Wednesday, October 30, 2019

The Languages

Readers may wonder why I choose the languages I do for posting. Most of the time I write in English, which is my native language, and provide translations into French, Spanish, and Portuguese. It's not because I'm Eurocentric (I'm not), but because these are the languages, along with Italian and Esperanto, that I know well enough to edit the output of a translation program. But those are not the only languages in which I post.

There was a time when I frequently wrote in Portunhol, a mixed language from the Uruguay-Brazil border.I like the language, and I like that it does not belong to any one country. But there is no translation program for Portunhol, and I no longer live in Uruguay. Instead I post in standard Spanish and standard Portuguese, both international languages with many millions of speakers.

My choice of language is also determined in part by the subject matter of my writing, which is mostly poetry. I've recently come to realize that French is the best translation language for poetry written in English. This has a lot to do with the linguistic history of England. But if, for example, the poem is about the Holocaust, I may include a translation into Yiddish or Hebrew, although my editing of the output of the translation program is likely to be faulty. If, on the other hand, the subject of the poem is close to Hindu spirituality, I may include a translation into Hindi (because machine translation into Sanskrit is not available). If the theme of the poem is universality of some kind, I may include a translation into Esperanto, a language that I have known quite well for almost sixty years.

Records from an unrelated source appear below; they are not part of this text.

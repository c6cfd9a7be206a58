//! What `stress` is asked: rounds of many clients at a server.

use crate::forms::{Form, write_in};
use crate::round_statistics::RoundStatistics;
use mc_answers::{InputFault, Sink, Status, Writer, explain_fault, write_fault};
use mc_cli::{LineFault, Seconds, StressArgs};
use mc_command::{Progress, failure_text};
use mc_connect::{Servers, TcpNetwork, Unreached};
use mc_lane::{Lane, Stream};
use mc_model::{Note, Sent};
use mc_protocol::{Actor, Bytes, KEY_BYTES_LIMIT, is_key};
use mc_rounds::{Plan, keys_of};
use mc_stress::{Evidence, Judging, Network, Page, Standing, Stress, play_rounds};
use std::alloc::{AllocError, Global};
use std::io;
use std::io::Eprint;
use std::net::{Net, TcpStream};
use std::rt::Clock;
use std::sync::Wait;
use std::thread::Threads;
use std::time::{Duration, Instant};

// How many rounds are played if the line names neither a number nor a time.
const ROUNDS: u64 = 100;

// At most this many remarks on rounds are written to standard error.
const MOST_REMARKS: u32 = 10;

// Waiting for less than this many milliseconds isn't told.
const LEAST_WAIT: u64 = 100;

// What follows the message of a fault of the line.
const USAGE: &str = "

Usage: mcrace stress HOST:PORT [OPTIONS]

For more information, try '--help'.
";

// What clears a line of a terminal, and goes back to its begin.
const CLEAR: &str = "\r\x1b[K";

// How the rounds are played, beside what the clients send.
#[derive(Clone, Copy, Drop)]
struct Circumstances<'a> {
    server: &'a str,
    timeout: Option<Seconds<'a>>,
    wait: Option<Seconds<'a>>,
    // How many columns a line of progress has, if there is one.
    columns: Option<usize>,
    stats: bool,
}

// What connects the clients: the first looks for the server, and the others connect to the address that took it.
#[derive(Drop)]
struct Clients<'a, R> {
    network: TcpNetwork<'a, R>,
}

impl<'a, R: Net<Stream = TcpStream> + Clock + Sync> Network for Clients<'a, R> {
    type Connection = <TcpNetwork<'a, R> as mc_connect::Network>::Connection;

    fn connect(
        &mut self,
        client: u8,
    ) -> io::Result<<TcpNetwork<'a, R> as mc_connect::Network>::Connection> {
        let section = if client == 0 { Actor::P } else { Actor::A };
        mc_connect::Network::connect(&mut self.network, section).map_err(|none| none.error)
    }
}

// Writes the answer to the output, and what is told beside it to standard error.
#[derive(Drop)]
struct Paper<'a, 'b, 'c, R, O> {
    rt: &'a R,
    alloc: Global,
    server: &'b str,
    timeout: Option<Seconds<'b>>,
    output: &'c mut O,
    progress: Option<Progress<'a, R>>,
    // How many clients a round has, and what was counted of all rounds, if that is wanted.
    clients: u8,
    statistics: Option<RoundStatistics>,
    // What goes before a line of standard error, so that it doesn't stand beside a line of progress.
    lead: &'static str,
    counted: u64,
    unexplained: u64,
    remarks: u32,
}

impl<R: Eprint + Clock, O: Sink> Page for Paper<'_, '_, '_, R, O> {
    fn put(&mut self, text: &[u8]) -> bool {
        if let Some(progress) = &self.progress {
            progress.clear();
        }
        self.output.write_all(text).is_ok()
    }

    fn count(&mut self, rounds: u64, unexplained: u64) {
        let Some(progress) = &mut self.progress else {
            return;
        };
        for _ in self.counted..rounds {
            let is_unexplained = self.unexplained < unexplained;
            self.unexplained = self.unexplained.saturating_add(u64::from(is_unexplained));
            progress.add(is_unexplained);
        }
        self.counted = rounds;
    }

    fn tell_played(&mut self, _round: u64, notes: &[(u8, Note)]) {
        if let Some(statistics) = &mut self.statistics {
            // Without memory for it, a request isn't counted.
            let _ = statistics.add(self.alloc, self.clients, notes);
        }
    }

    // What is written shows it.
    fn tell_unexplained(&mut self, _round: u64, _evidence: Evidence) {}

    fn tell_unreached(&mut self, error: &io::Error) {
        if self.remarks >= MOST_REMARKS {
            return;
        }
        self.remarks += 1;
        let unreached = Unreached {
            server: self.server,
            error: *error,
        };
        let lead = self.lead;
        // There is nowhere else to say that this could not be said.
        let _ = eprintln!(self.rt; "{lead}mcrace: {unreached}");
    }

    fn tell_client<S: Stream>(
        &mut self,
        round: u64,
        client: u8,
        sent: &[Sent],
        lane: &Lane<S>,
        error: Option<io::Error>,
    ) {
        if self.remarks >= MOST_REMARKS {
            return;
        }
        // Without memory for it, it isn't told.
        if let Ok(Some(said)) = failure_text(self.alloc, sent, lane, error, self.timeout) {
            self.remarks += 1;
            let lead = self.lead;
            // There is nowhere else to say that this could not be said.
            let _ = eprintln!(self.rt; "{lead}mcrace: round {round}: client {client}: {said}");
        }
    }

    fn tell_stop(&mut self, round: u64) {
        let lead = self.lead;
        // There is nowhere else to say that this could not be said.
        let _ = eprintln!(self.rt;
            "{lead}mcrace: no round follows round {round}: the server may still act on a request of it, and no new name fits its keys"
        );
    }

    fn tell_wait(&mut self, time: Duration) {
        let milliseconds = time.as_millis();
        if milliseconds >= u128::from(LEAST_WAIT) {
            let lead = self.lead;
            // There is nowhere else to say that this could not be said.
            let _ = eprintln!(self.rt;
                "{lead}mcrace: clients waited {milliseconds} ms for rounds to be judged"
            );
        }
    }
}

impl<R: Eprint + Clock, O: Sink> Paper<'_, '_, '_, R, O> {
    // Says what was counted of the rounds since then, if that is wanted.
    fn tell_statistics(&mut self, begun: &io::Result<Instant>) {
        let Some(statistics) = &mut self.statistics else {
            return;
        };
        if let Ok(begun) = begun {
            statistics.end(begun.elapsed(self.rt).unwrap_or(Duration::ZERO));
        }
        let lead = self.lead;
        // There is nowhere else to say that this could not be said.
        let _ = eprint!(self.rt; "{lead}{statistics}");
    }
}

/// Plays rounds of many clients at the server, and answers the exit status. How far it is stands in a line of `columns` columns.
pub fn stress_server<R, O: Sink, F: Sink>(
    rt: &R,
    args: StressArgs<'_>,
    columns: Option<usize>,
    output: &mut O,
    faults: &mut F,
) -> u8
where
    R: Net<Stream = TcpStream> + Threads + Wait + Clock + Sync + Eprint + AllocGlobal,
{
    match stress_with(rt, rt.alloc(), args, columns, output, faults) {
        Ok(status) => status,
        Err(AllocError) => write_fault(InputFault::OutOfMemory, output).number(),
    }
}

fn stress_with<R, O: Sink, F: Sink>(
    rt: &R,
    alloc: Global,
    args: StressArgs<'_>,
    columns: Option<usize>,
    output: &mut O,
    faults: &mut F,
) -> Result<u8, AllocError>
where
    R: Net<Stream = TcpStream> + Threads + Wait + Clock + Sync + Eprint,
{
    let circumstances = Circumstances {
        server: args.server,
        timeout: args.timeout,
        wait: args.wait,
        columns: if args.quiet { None } else { columns },
        stats: args.stats,
    };
    let json = args.json;
    let stress = stress_of(args);
    if let Some(key) = long_key(alloc, &stress)? {
        return Ok(refuse_name(alloc, &stress, &key, output, faults)?.number());
    }
    if json {
        return play_in_json(rt, alloc, &stress, circumstances, output);
    }
    Ok(play(rt, alloc, &stress, circumstances, output)?.number())
}

// Plays the rounds, and writes in JSON what they come to.
fn play_in_json<R, O: Sink>(
    rt: &R,
    alloc: Global,
    stress: &Stress<'_>,
    circumstances: Circumstances<'_>,
    output: &mut O,
) -> Result<u8, AllocError>
where
    R: Net<Stream = TcpStream> + Threads + Wait + Clock + Sync + Eprint,
{
    let mut text = Vec::new(alloc);
    let mut sink = Writer::new(&mut text);
    let status = play(rt, alloc, stress, circumstances, &mut sink)?.number();
    let is_whole = sink.error().is_none();
    let text = is_whole.then_some(text.as_slice());
    Ok(write_in(alloc, Form::Run, text, status, output))
}

// Plays the rounds.
fn play<R, O: Sink>(
    rt: &R,
    alloc: Global,
    stress: &Stress<'_>,
    circumstances: Circumstances<'_>,
    output: &mut O,
) -> Result<Status, AllocError>
where
    R: Net<Stream = TcpStream> + Threads + Wait + Clock + Sync + Eprint,
{
    let Circumstances {
        server,
        timeout,
        wait,
        columns,
        stats,
    } = circumstances;
    let mut clients = Clients {
        network: TcpNetwork::new(
            rt,
            Servers::one(server, duration_of(timeout), duration_of(wait)),
        ),
    };
    let mut paper = Paper {
        rt,
        alloc,
        server,
        timeout,
        output,
        progress: columns.map(|columns| Progress::new(rt, alloc, columns, "rounds", stress.rounds)),
        clients: stress.plan.clients,
        statistics: stats.then_some(RoundStatistics::new()),
        lead: if columns.is_some() { CLEAR } else { "" },
        counted: 0,
        unexplained: 0,
        remarks: 0,
    };
    let begun = Instant::now(rt);
    let standing = play_rounds(rt, alloc, stress, &mut clients, &mut paper)?;
    paper.tell_statistics(&begun);
    Ok(match standing {
        Standing::Good => Status::Success,
        Standing::BadReply | Standing::Unexplained => Status::Unexplained,
        Standing::Undecided | Standing::NoAnswer => Status::NoAnswer,
    })
}

// The rounds that the line asks for.
fn stress_of<'a>(args: StressArgs<'a>) -> Stress<'a> {
    let StressArgs {
        plan,
        rounds,
        time,
        keep_going,
        whole,
        smallest,
        limit,
        why,
        name,
        ..
    } = args;
    Stress {
        plan: Plan {
            seed: plan.seed,
            clients: u8::try_from(plan.clients).unwrap_or(u8::MAX),
            requests: u16::try_from(plan.requests).unwrap_or(u16::MAX),
            keys: u8::try_from(plan.keys).unwrap_or(u8::MAX),
            mix: plan.mix,
        },
        name,
        rounds: match (rounds, time) {
            (None, None) => Some(ROUNDS),
            (rounds, _) => rounds,
        },
        time: time.map(Duration::from_millis),
        keep_going,
        judging: Judging {
            limit,
            why,
            whole,
            smallest,
        },
    }
}

// The first key that is too long under the name, if there is one.
fn long_key(alloc: Global, stress: &Stress<'_>) -> Result<Option<Bytes>, AllocError> {
    for key in keys_of(alloc, stress.plan.keys, stress.name.as_ref())? {
        if !is_key(key.as_slice()) {
            return Ok(Some(key));
        }
    }
    Ok(None)
}

// Says that a key is too long under the name.
fn refuse_name<O: Sink, F: Sink>(
    alloc: Global,
    stress: &Stress<'_>,
    key: &Bytes,
    output: &mut O,
    faults: &mut F,
) -> Result<Status, AllocError> {
    let name = match &stress.name {
        Some(name) => name.as_slice(),
        None => &[],
    };
    let length = key.as_slice().len();
    let short = key.as_slice().get(name.len() + 1..).unwrap_or(&[]);
    let (name, short) = (name.escape_ascii(), short.escape_ascii());
    let most = KEY_BYTES_LIMIT;
    let text = format!(in alloc;
        "error: invalid value '{name}' for '--name <NAME>': the key '{short}' has {length} bytes with it, and may have {most}{USAGE}"
    )?;
    Ok(explain_fault(&LineFault::Wrong(text), output, faults))
}

fn duration_of(time: Option<Seconds<'_>>) -> Option<Duration> {
    time.map(|time| time.duration())
}
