//! Answers in JSON or in JUnit's XML, made of the text that is written without.
use mc_answers::{Sink, Status, Writer, write_text};
use mc_cli::CampaignArgs;
use mc_convert::{CampaignArguments, campaign_json, campaign_junit, report_json};
use std::alloc::{AllocError, Global};
use std::str;

// What is written as it is: it says that nothing was done.
const UNDONE: [&[u8]; 3] = [
    b"out of memory\n",
    b"not run\n",
    b"refused input too long\n",
];

/// The form of an answer.
#[derive(Clone, Copy, Drop)]
pub enum Form<'a> {
    /// An object for a run or for several.
    Run,
    /// A line for each job that isn't explained, and one for each report.
    Campaign(CampaignArguments<'a>),
    /// The report that CI systems read.
    Junit,
    /// The text itself.
    Same,
}

impl<'a> Form<'a> {
    /// In which form the campaign is reported, if not as text.
    pub fn of_campaign(target: &CampaignArgs<'a>) -> Option<Form<'a>> {
        let plan = target.plan;
        if plan.junit {
            return Some(Form::Junit);
        }
        let name = target.name.as_ref();
        plan.json.then_some(Form::Campaign(CampaignArguments {
            seed: plan.seed,
            from: plan.first,
            jobs: plan.until.is_none().then_some(plan.jobs),
            name: name.and_then(|name| str::from_utf8(name.as_slice()).ok()),
        }))
    }

    fn text(self, alloc: Global, text: &[u8]) -> Result<Vec<u8>, AllocError> {
        match self {
            Form::Run => report_json(alloc, text),
            Form::Campaign(arguments) => campaign_json(alloc, text, Some(arguments)),
            Form::Junit => campaign_junit(alloc, text),
            Form::Same => Vec::from_slice(alloc, text),
        }
    }
}

/// Writes the text in the form, and answers its status; or 4 if it isn't written. There is no text if memory ran out.
pub fn write_in<O: Sink>(
    alloc: Global,
    form: Form<'_>,
    text: Option<&[u8]>,
    status: u8,
    output: &mut O,
) -> u8 {
    let Some(text) = text else {
        return write_text(UNDONE[0], Status::NoAnswer, output).number();
    };
    if UNDONE.contains(&text) {
        return write_whole(text, status, output);
    }
    match form.text(alloc, text) {
        Ok(made) => write_whole(made.as_slice(), status, output),
        Err(AllocError) => write_text(UNDONE[0], Status::NoAnswer, output).number(),
    }
}

fn write_whole<O: Sink>(text: &[u8], status: u8, output: &mut O) -> u8 {
    match output.write_all(text) {
        Ok(()) => status,
        Err(_) => Status::NoAnswer.number(),
    }
}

Many readers will have noticed my frequent inclusion of Udugi. It's a constructed language, based on Cherokee (Tsalagi, ꮳꮃꭹ) vocabulary and a simple, Esperanto-like grammar. I use it for reasons that are both sentimental and practical. First of all, I am part Cherokee through my maternal grandfather. He lived in Oklahoma, but the Cherokee genes go back to eighteenth-century North Carolina. I also feel close to Native American spirituality, and I guess all of that is the sentimental part. But there really is a practical part, as well.

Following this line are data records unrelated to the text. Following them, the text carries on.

// Unsigned fields of 1 to 4 bytes in a slice, most significant byte first.
#![tactic(auto)]

ghost use Rattle.std.specs.Prelude.{◌≡◌, ◌+◌, ◌^◌, ◌≤◌, ◌<◌, length};
ghost use Rattle.fields.specs.Fields.{field, with_field};
ghost use Rattle.fields.specs.Label.{label_width};

// The field of N bytes at `at`.
pub fn get<const N: usize>(s: &[u8], at: usize) -> u32
    requires { (N ≤ 4) × (at + N ≤ length s.now) }
    ensures { (result ≡ field N s.now at) × (result < 256 ^ N) }
{
    let mut v: u32 = 0;
    for i in 0..N {
        v = v * 256 + (s[at + i] as u32);
    }
    v
}

// Writes v as the field of N bytes at `at`.
pub fn put<const N: usize>(s: &mut [u8], at: usize, v: u32)
    requires { (N ≤ 4) × (at + N ≤ length s.old) }
    ensures { s.new ≡ with_field N s.old at v }
{
    for i in 0..N {
        s[at + i] = ((v >> (8 * (N - 1 - i))) % 256) as u8;
    }
}

// How many bytes a label takes in a book or sheet of a version.
// Stays: a version is any byte, as the book or sheet has it, and no enum: `label_width` promises the width at each.
pub fn label_width(version: u8) -> usize
    ensures { (result ≡ label_width version) × (1 ≤ result) × (result ≤ 2) }
{
    if version == 1 {
        return 1;
    }
    2
}

// The label at `at` in a book or sheet of a version.
pub fn get_label(s: &[u8], at: usize, version: u8) -> u16
    requires { at + label_width version ≤ length s.now }
    ensures { result ≡ field (label_width version) s.now at }
{
    if version == 1 {
        return s[at] as u16;
    }
    get::<2>(s, at) as u16
}

// Writes a label at `at` in a sheet of a version.
pub fn put_label(s: &mut [u8], at: usize, version: u8, label: u16)
    requires { (at + label_width version ≤ length s.old) × (label < 256 ^ label_width version) }
    ensures { s.new ≡ with_field (label_width version) s.old at label }
{
    if version == 1 {
        put::<1>(s, at, label as u32);
    } else {
        put::<2>(s, at, label as u32);
    }
}
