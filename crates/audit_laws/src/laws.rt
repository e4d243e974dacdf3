//! Laws about the definitions. Each is the contract of a function that does nothing.
#![tactic(auto)]

ghost use Rattle.audit_laws.specs.Covered.{AreReportsSound, AreReportsSoundOf, ReportsAreSound};
ghost use Rattle.audit_laws.specs.Laws.{AreReportsSafe, AreReportsSafeOf, AreVerdictsSafe, AreVerdictsSafeOf, BuiltSendOwn, NodeSendOwn, ReportsAreSafe, VerdictsAreSafe};
ghost use Rattle.audit_laws.specs.Reading.{LivesNameElements, ReportsAreRead};
ghost use Rattle.low_power_role.specs.Role.{low_power_role};
ghost use Rattle.node_layers.specs.BuiltLayers.{built_layers};
ghost use Rattle.node_layers.specs.NodeLayers.{node_layers};

/// The law of the audit. Take any script whose `send` lines name elements of the node, any run of it, over all lives, bearers, refills and
/// power cuts, its report, with the octets of network PDUs or without, and any lines of keys in front. Of the lines that this text is read as
/// no two use a nonce twice, and no two accept one message. It holds of all safe layers that send from an element alone, and so of the layers
/// of the node, and of those below the access layer.
pub fn audit_law()
    ensures safe { ReportsAreSafe }
    ensures node { AreReportsSafe node_layers }
    ensures built { AreReportsSafe built_layers }
{}

/// So no verdict of an audit on this text is that a nonce was used twice, or that a message was accepted twice.
pub fn verdict_law()
    ensures safe { VerdictsAreSafe }
    ensures node { AreVerdictsSafe node_layers }
    ensures built { AreVerdictsSafe built_layers }
{}

/// The audit of an honest report. Where the lines of such a run are within the widths of a report, and the keys in front are those that sealed
/// its network PDUs, an audit of its report with octets finds it sound, and tells how many lines it has.
pub fn sound_law()
    ensures sound { ReportsAreSound }
    ensures node { AreReportsSound node_layers }
    ensures built { AreReportsSound built_layers }
{}

/// All three laws, of the runs of a Low Power node: of the lines of its report no two use a nonce twice, and no two accept one message; no
/// verdict tells of either; and under the keys that sealed its PDUs an audit finds it sound.
pub fn low_power_audit_law()
    ensures safe { AreReportsSafeOf low_power_role }
    ensures verdicts { AreVerdictsSafeOf low_power_role }
    ensures sound { AreReportsSoundOf low_power_role }
{}

/// The report of a run with the octets of network PDUs, behind any lines of keys, is an input of an audit wherever its lines are within the
/// widths of a report: so an audit has a verdict on it, and doesn't refuse it.
pub fn reading_law()
    ensures read { ReportsAreRead }
{}

/// The lines of a script that are in their ranges name elements of its node: so what the law of the audit asks of a script is what its
/// grammar has.
pub fn script_law()
    ensures named { LivesNameElements }
{}

/// What the layers of the node send comes from an element of the node; so does what those below the access layer send.
pub fn sources_law()
    ensures node { NodeSendOwn }
    ensures built { BuiltSendOwn }
{}
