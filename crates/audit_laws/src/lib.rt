//! The law of an audit: it tells of no report of a run that a nonce was used twice, or that a message was accepted twice; and under the keys
//! that sealed the report it finds nothing wrong. There is no code here: each law is the contract of a function that does nothing.
//!
//! - `Laws` (in `specs/`): the law, of all layers whose jobs come from an element of the node, and what it asks of a script
//! - `Reading`: what a report is read as, and that the grammar of scripts has what the law asks
//! - `Covered`: that nothing is wrong with a report under the keys that sealed it
//! - `laws`: the laws, as contracts of functions that do nothing
#![tactic(auto)]

pub mod laws;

Forty years ago the Cherokee language had about 26,000 speakers; now it has about 12,000, which is just 3% of its claimed tribal membership of 400,000. It has been said that you don't speak Cherokee unless you speak it from the cradle. It is, by far, the most grammatically complex language that I've studied, and adults are just not learning it. How many fluent speakers will it have in another generation? I've seen this movie before, and I know how it ends. "Udugi" means "hope," and I believe that the Udugi language is the best hope to save any part of the Tsalagi language.






Text and image © 2019 by Donald Jacobson Traxler ꮨᏺꭽꮅ.